A Lab to Reproduce Bugs

Once developers have proper tests in place, the tests act as laboratories to reproduce bugs. Automated tests pay for themselves when something like the following happens:

  1. a user or other developer reports a bug.
  2. the developer grabs the data from a log and writes a failing test using that data.
  3. the developer fixes the bug and the test passes.
  4. the developer runs the app, and the bug is fixed.

The team can use the test-suite to communicate bugs with each other. The team gets:

  • documentation of the bug/requirement in the form of a test.
  • a regression test that guarantees that bug will stay fixed, forever.

My Recommendation

I hope I've made the case that companies cannot hope to produce more stable, agile software on a whole by focusing entirely on e2e tests. In fact, e2e tests are sometimes used as a cop-out from improving stability and quality by other means. Instead, organizations should focus on the software writing process by encouraging fast, unit and integration testing during development.

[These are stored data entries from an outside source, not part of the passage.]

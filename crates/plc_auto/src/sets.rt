// Sets of live locations: where an address may stand. The tables are small enough that each set is
// either written out or found by one pass over the locations.
ghost use Rattle.std.specs.Prelude.{◌≡◌, true};
ghost use Rattle.plc_base.specs.Mask.{union, single, within};
ghost use Rattle.plc_auto.specs.Sets.{all_locations, unretired, safe, step_set, closure, IsClosureOf};

use crate::event::EvKind;
use crate::observer::Observer;
use crate::table::R_KEPT;
use plc_base::{FuncId, LocId, Mask};

/// the locations of a set, and the one in which a protected address stands after its retirement
fn with_kept(mut m: Mask) -> Mask
    ensures { result ≡ union m (single 6) }
{
    m.insert(LocId(R_KEPT));
    m
}

impl Observer {
    /// All live locations.
    #[tactic(auto, using(crate::proofs::SetLemmas::all_written))]
    pub fn all(&self) -> Mask
        ensures { result ≡ all_locations self.now }
    {
        Mask::full(self.count())
    }

    /// The locations in which the address isn't retired, whose names begin with `u`. They stand
    /// first in each table.
    pub fn unretired(&self) -> Mask
        ensures { result ≡ unretired self.now }
    {
        match self {
            Observer::Plain => Mask::full(1),
            Observer::Hazard(_) => Mask::full(3),
            Observer::Epoch(_, _) => Mask::full(3),
        }
    }

    /// The locations in which the address won't be freed, since a free leads to `bad`: those in
    /// which it isn't retired, and those in which it was retired while this thread protected it.
    pub fn safe(&self) -> Mask
        ensures { result ≡ safe self.now }
    {
        match self {
            Observer::Plain => self.unretired(),
            Observer::Hazard(_) => with_kept(self.unretired()),
            Observer::Epoch(_, _) => with_kept(self.unretired()),
        }
    }

    /// The live locations to which an event leads from those of a set, which must be below
    /// `count`. `own` and `this` are those of `step`.
    pub fn step_set(&self, m: &Mask, kind: EvKind, own: bool, this: bool) -> Mask
        requires { within m.now (all_locations self.now) ≡ true }
        ensures set { result ≡ step_set self.now m.now kind own this }
        ensures live { within result (all_locations self.now) ≡ true }
    {
        let mut reached = Mask::empty();
        for at in 0..self.count() {
            if m.has(LocId(at)) {
                if let Some(to) = self.step(LocId(at), kind, own, this) {
                    reached.insert(to);
                }
            }
        }
        reached
    }

    /// Where an address may stand after what happens between two steps of a thread, where it stands
    /// in `m` before: other threads call and return, and other addresses are freed; `with_free`,
    /// this address is freed too. The locations of `m` must be below `count`.
    ///
    /// It is the least set that holds `m` and is closed under these events. Of them only a
    /// retirement and a free of the address move it, and what they lead to they lead no further.
    pub fn closure(&self, m: &Mask, with_free: bool) -> Mask
        requires { within m.now (all_locations self.now) ≡ true }
        ensures set { result ≡ closure self.now with_free m.now }
        ensures least { IsClosureOf self.now with_free m.now result }
        ensures live { within result (all_locations self.now) ≡ true }
    {
        let retired = self.step_set(m, EvKind::Call(FuncId::RETIRE), false, true);
        let kept = m.union(&retired);
        if !with_free {
            return kept;
        }
        let freed = self.step_set(m, EvKind::Free, false, true);
        kept.union(&freed)
    }
}
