// Environments as JSON values: `[[W],[[G,[M]],..]]`. A set of locations is its ascending list, so
// that each set has one spelling; a set of guarantees is the number of its bits.
ghost use Rattle.std.specs.Prelude.{◌≡◌};
ghost use Rattle.serde_json.specs.View.{view};
ghost use Rattle.plc_cert.specs.Shape.{mask_of, guarantee_of, pointer_of, env_of};

use crate::number::{pair, whole_below};
use crate::part::{Part, list};
use plc_base::{Items, LocId, Mask, NoMemory};
use plc_type::{Env, Guar, PtrType};
use serde_json::Value;
use std::alloc::Global;

/// A set of locations. Each stands above the one before it, from `least` on.
fn mask(value: &Value) -> Option<Mask>
    ensures { result ≡ mask_of (view value.now) }
{
    let mut members = Mask::empty();
    let mut least = 0;
    for location in value.as_array()? {
        let l = whole_below(location, 8)?;
        if l < least {
            return None;
        }
        members.insert(LocId(l as u16));
        least = l + 1;
    }
    Some(members)
}

/// One of the four sets of guarantees.
fn guarantee(value: &Value) -> Option<Guar>
    ensures { result ≡ guarantee_of (view value.now) }
{
    match value.as_u64()? {
        0 => Some(Guar::nothing()),
        1 => Some(Guar::safe_only()),
        3 => Some(Guar::active_safe()),
        7 => Some(Guar::active_local_safe()),
        _ => None,
    }
}

/// The type of a pointer local.
fn pointer(value: &Value) -> Option<PtrType>
    ensures { result ≡ pointer_of (view value.now) }
{
    let (g, m) = pair(value)?;
    Some(PtrType {
        g: guarantee(g)?,
        m: mask(m)?,
    })
}

impl Part for PtrType {
    ghost shape = { pointer_of };

    fn read(_alloc: Global, value: &Value) -> Result<Option<PtrType>, NoMemory> {
        Ok(pointer(value))
    }
}

impl Part for Env {
    ghost shape = { env_of };

    fn read(alloc: Global, value: &Value) -> Result<Option<Env>, NoMemory> {
        let Some((w, locals)) = pair(value) else {
            return Ok(None);
        };
        let Some(w) = mask(w) else {
            return Ok(None);
        };
        match list(alloc, locals)? {
            Some(locals) => Ok(Some(Env {
                shared: Items::new(alloc),
                locals,
                w,
            })),
            None => Ok(None),
        }
    }
}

When adding a formal code-review process, participants can ask things like, "how do you know that the code you've just written realizes its requirements, and how do you know it will continue to do so?"

The testing process does not have to remain static. That is, developers can start off writing lots of unit tests, but as the solution solidifies, they can rely more on higher-level integration tests that offer more coverage per line of test code written.

I do not mean to say that e2e tests have no place in the software development process. If companies have the resources and dedicated experts to write comprehensive and stable e2e tests, then by all means they should do so. The fact that I haven't seen this successfully improving the quality and reliability of software projects where I've worked doesn't mean that it can't, or hasn't been done. I have, however, found time and time again, that the developer-centered process I've outlined above produces reliable, and more flexible software.

It shouldn't be surprising that a systematic, scientific process for writing software will produce quality results. But this takes practice and maturity, both of which defy shortcuts.